*What you will do:* Each record below should appear again exactly as written.

*Excerpted data:*
====
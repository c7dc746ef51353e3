//! One site with its plan and its meal, which may be dropped.
ghost use Rattle.std.specs.Prelude.{◌≡◌, ◌<◌, ◌≤◌, ◌∷◌, [], IfOk, MatchOption, MatchResult, Some, false, is_some};
ghost use Rattle.std.specs.Prelude.{length, option_map, pos, true, if◌then◌else◌};
ghost use Rattle.dine_token.specs.Fork.{SeenFork};
ghost use Rattle.dine_graph.specs.Plan.{edges_of, site_count};
ghost use Rattle.dine_rules.specs.declared.breach.Breach.{Breach as SeenBreach};
ghost use Rattle.dine_rules.specs.Letters.{forks_in};
ghost use Rattle.dine_rules.specs.Local.{LocalState, edge_at, is_eating};
ghost use Rattle.dine_rules.specs.Steps as step;
ghost use Rattle.dine_site.specs.NextEvent.{next_of};
ghost use Rattle.dine_site.specs.Places.{IsMealOf, hand_of, has_all_said, is_held, neighbour_of, place_at};
ghost use Rattle.dine_site.specs.Standing.{ReportsBreach};
ghost use Rattle.dine_ffi.specs.Acts.{put_step};
ghost use Rattle.dine_ffi.specs.Answers.{IsDoneOr, IsRefused, Reports, breach_status, done, no_such, number_of};
ghost use Rattle.dine_ffi.specs.Events.{seen_event};
ghost use Rattle.dine_ffi.specs.OwnSites.{ActsAs, ActsOrRefuses, BeginsOrRefuses, EndsOrRefuses, ForkRefuses};
ghost use Rattle.dine_ffi.specs.OwnSites.{IsEdgeOfNone, IsNoPlace, IsOpened, PutsOrRefuses, SiteSteps, is_used};
ghost use Rattle.dine_ffi.specs.OwnSites.{SiteTakesFork, StandsFor, StepsOrRefuses, TakesOrRefuses, TurnsOrRefuses};
ghost use Rattle.dine_ffi.specs.Written.{ArePeriods};

use crate::acts::{PutKind, put, take};
use crate::event::{DineEvent, event_of, kind_of};
use crate::own_plan::OwnPlan;
use crate::periods::write_periods;
use crate::shelf::{first_shelf, put_away, refusal_of, take_back};
use crate::status::{
    DONE, EATING, FINISHED, NO_SUCH, NOT_NOW, OTHER_EDGE, SMALL, WAITS, breach_status, number,
    phase_number, wire_status,
};
use dine_rules::{Breach, EventKind, Letter};
use dine_site::SiteCore;
use dine_site::site::{ForkSlot, fresh_forks, fresh_tokens};
use dine_token::{Fork, Meal, Token};
use dine_wire::{ForkNote, LETTER_MAX, Report, note_of, put_letter, read_letter};
use std::alloc::{AllocError, Global};
use std::marker::Model;
use std::mem;

/// How far a site is.
#[repr(C)]
#[derive(Clone, Copy)]
pub struct DineSiteState {
    /// 0 thinking, 1 hungry, 2 eating.
    pub phase: u32,
    /// How many meals it began.
    pub ate: u32,
    /// How many places it has.
    pub degree: u32,
    /// 1 if it has done all, and put and taken all letters; else 0.
    pub finished: u32,
}

/// What a site has at a place.
#[repr(C)]
#[derive(Clone, Copy)]
pub struct DinePlace {
    /// The number of the edge.
    pub edge: u32,
    /// The site at its other end.
    pub neighbour: u32,
    /// 1 if the fork is here, else 0.
    pub has_fork: u32,
    /// 1 if the token is here, else 0.
    pub has_token: u32,
    /// 1 if the fork is here and dirty: in the meal, or eaten with since it came. Else 0.
    pub is_dirty: u32,
    /// 1 if Close was taken there, else 0.
    pub is_closed: u32,
}

/// A site, its plan, the number of its run, its meal if it eats, and the forks that it gave away, as they were then.
pub struct OwnSite {
    plan: OwnPlan,
    run: u64,
    core: SiteCore,
    meal: Option<Meal>,
    shelf: Vec<Option<Fork>>,
}

impl Model for OwnSite {
    ghost use Rattle.dine_ffi.specs.OwnSites.{SeenOwnSite};

    ghost Value = { SeenOwnSite };

    ghost use Rattle.dine_ffi.specs.private.OwnSiteFields.{seen_own_site, HasOwnMeal};

    ghost view = { seen_own_site };

    ghost invariant = { HasOwnMeal };
}

impl Drop for OwnSite {
    fn drop(self) {
        let OwnSite {
            plan: _,
            run: _,
            core,
            meal,
            shelf: _,
        } = self;
        let core = at_rest(core, meal);
        let _ = core.into_parts();
    }
}

// What is returned of a letter: that it was taken, or why it was not.
fn status_of(taken: Result<(), (Letter, i64)>) -> i64
    ensures { MatchResult taken (λ _. result ≡ done) (λ e. result ≡ e.1) }
{
    match taken {
        Ok(()) => DONE,
        Err((_, status)) => status,
    }
}

// The place, if a letter was taken there; else why it was not.
fn at_place(i: u32, taken: i64) -> i64
    ensures done { taken ≡ pos 0 → result ≡ pos i }
    ensures refused { (taken ≡ pos 0 → ⊥) → result ≡ taken }
{
    if taken == DONE { i64::from(i) } else { taken }
}

// The core after its meal, if it eats.
fn at_rest(core: SiteCore, meal: Option<Meal>) -> SiteCore
    requires { MatchOption meal (is_eating core.phase ≡ false)
        (λ m. (is_eating core.phase ≡ true) × IsMealOf core m) }
    ensures { is_eating result.phase ≡ false }
{
    let mut core = core;
    match meal {
        Some(meal) => {
            core.end(meal, false);
            core
        }
        None => core,
    }
}
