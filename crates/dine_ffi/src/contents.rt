//! What a handle holds.
use crate::own_builder::OwnBuilder;
use crate::own_plan::OwnPlan;
use crate::own_site::OwnSite;
use crate::own_world::OwnWorld;

/// A plan, a world, a site or a builder.
#[derive(Drop)]
pub enum Object {
    Plan(OwnPlan),
    World(OwnWorld),
    Site(OwnSite),
    Builder(OwnBuilder),
}

/// What a handle holds.
#[derive(Drop)]
pub struct Contents {
    pub(crate) object: Object,
}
====
*Solution to the problem:*
repository c7dc746ef51353e3
//! One site with its plan and its meal, which may be dropped.
ghost use Rattle.std.specs.Prelude.{◌≡◌, ◌<◌, ◌≤◌, ◌∷◌, [], IfOk, MatchOption, MatchResult, Some, false, is_some};
ghost use Rattle.std.specs.Prelude.{length, option_map, pos, true, if◌then◌else◌};
ghost use Rattle.dine_token.specs.Fork.{SeenFork};
ghost use Rattle.dine_graph.specs.Plan.{edges_of, site_count};
ghost use Rattle.dine_rules.specs.declared.breach.Breach.{Breach as SeenBreach};
ghost use Rattle.dine_rules.specs.Letters.{forks_in};
ghost use Rattle.dine_rules.specs.Local.{LocalState, edge_at, is_eating};
ghost use Rattle.dine_rules.specs.Steps as step;
ghost use Rattle.dine_site.specs.NextEvent.{next_of};
ghost use Rattle.dine_site.specs.Places.{IsMealOf, hand_of, has_all_said, is_held, neighbour_of, place_at};
ghost use Rattle.dine_site.specs.Standing.{ReportsBreach};
ghost use Rattle.dine_ffi.specs.Acts.{put_step};
ghost use Rattle.dine_ffi.specs.Answers.{IsDoneOr, IsRefused, Reports, breach_status, done, no_such, number_of};
ghost use Rattle.dine_ffi.specs.Events.{seen_event};
ghost use Rattle.dine_ffi.specs.OwnSites.{ActsAs, ActsOrRefuses, BeginsOrRefuses, EndsOrRefuses, ForkRefuses};
ghost use Rattle.dine_ffi.specs.OwnSites.{IsEdgeOfNone, IsNoPlace, IsOpened, PutsOrRefuses, SiteSteps, is_used};
ghost use Rattle.dine_ffi.specs.OwnSites.{SiteTakesFork, StandsFor, StepsOrRefuses, TakesOrRefuses, TurnsOrRefuses};
ghost use Rattle.dine_ffi.specs.Written.{ArePeriods};

use crate::acts::{PutKind, put, take};
use crate::event::{DineEvent, event_of, kind_of};
use crate::own_plan::OwnPlan;
use crate::periods::write_periods;
use crate::shelf::{first_shelf, put_away, refusal_of, take_back};
use crate::status::{
    DONE, EATING, FINISHED, NO_SUCH, NOT_NOW, OTHER_EDGE, SMALL, WAITS, breach_status, number,
    phase_number, wire_status,
};
use dine_rules::{Breach, EventKind, Letter};
use dine_site::SiteCore;
use dine_site::site::{ForkSlot, fresh_forks, fresh_tokens};
use dine_token::{Fork, Meal, Token};
use dine_wire::{ForkNote, LETTER_MAX, Report, note_of, put_letter, read_letter};
use std::alloc::{AllocError, Global};
use std::marker::Model;
use std::mem;

/// How far a site is.
#[repr(C)]
#[derive(Clone, Copy)]
pub struct DineSiteState {
    /// 0 thinking, 1 hungry, 2 eating.
    pub phase: u32,
    /// How many meals it began.
    pub ate: u32,
    /// How many places it has.
    pub degree: u32,
    /// 1 if it has done all, and put and taken all letters; else 0.
    pub finished: u32,
}

/// What a site has at a place.
#[repr(C)]
#[derive(Clone, Copy)]
pub struct DinePlace {
    /// The number of the edge.
    pub edge: u32,
    /// The site at its other end.
    pub neighbour: u32,
    /// 1 if the fork is here, else 0.
    pub has_fork: u32,
    /// 1 if the token is here, else 0.
    pub has_token: u32,
    /// 1 if the fork is here and dirty: in the meal, or eaten with since it came. Else 0.
    pub is_dirty: u32,
    /// 1 if Close was taken there, else 0.
    pub is_closed: u32,
}

/// A site, its plan, the number of its run, its meal if it eats, and the forks that it gave away, as they were then.
pub struct OwnSite {
    plan: OwnPlan,
    run: u64,
    core: SiteCore,
    meal: Option<Meal>,
    shelf: Vec<Option<Fork>>,
}

impl Model for OwnSite {
    ghost use Rattle.dine_ffi.specs.OwnSites.{SeenOwnSite};

    ghost Value = { SeenOwnSite };

    ghost use Rattle.dine_ffi.specs.private.OwnSiteFields.{seen_own_site, HasOwnMeal};

    ghost view = { seen_own_site };

    ghost invariant = { HasOwnMeal };
}

impl Drop for OwnSite {
    fn drop(self) {
        let OwnSite {
            plan: _,
            run: _,
            core,
            meal,
            shelf: _,
        } = self;
        let core = at_rest(core, meal);
        let _ = core.into_parts();
    }
}

// What is returned of a letter: that it was taken, or why it was not.
fn status_of(taken: Result<(), (Letter, i64)>) -> i64
    ensures { MatchResult taken (λ _. result ≡ done) (λ e. result ≡ e.1) }
{
    match taken {
        Ok(()) => DONE,
        Err((_, status)) => status,
    }
}

// The place, if a letter was taken there; else why it was not.
fn at_place(i: u32, taken: i64) -> i64
    ensures done { taken ≡ pos 0 → result ≡ pos i }
    ensures refused { (taken ≡ pos 0 → ⊥) → result ≡ taken }
{
    if taken == DONE { i64::from(i) } else { taken }
}

// The core after its meal, if it eats.
fn at_rest(core: SiteCore, meal: Option<Meal>) -> SiteCore
    requires { MatchOption meal (is_eating core.phase ≡ false)
        (λ m. (is_eating core.phase ≡ true) × IsMealOf core m) }
    ensures { is_eating result.phase ≡ false }
{
    let mut core = core;
    match meal {
        Some(meal) => {
            core.end(meal, false);
            core
        }
        None => core,
    }
}
filename crates/dine_ffi/src/contents.rt
//! What a handle holds.
use crate::own_builder::OwnBuilder;
use crate::own_plan::OwnPlan;
use crate::own_site::OwnSite;
use crate::own_world::OwnWorld;

/// A plan, a world, a site or a builder.
#[derive(Drop)]
pub enum Object {
    Plan(OwnPlan),
    World(OwnWorld),
    Site(OwnSite),
    Builder(OwnBuilder),
}

/// What a handle holds.
#[derive(Drop)]
pub struct Contents {
    pub(crate) object: Object,
}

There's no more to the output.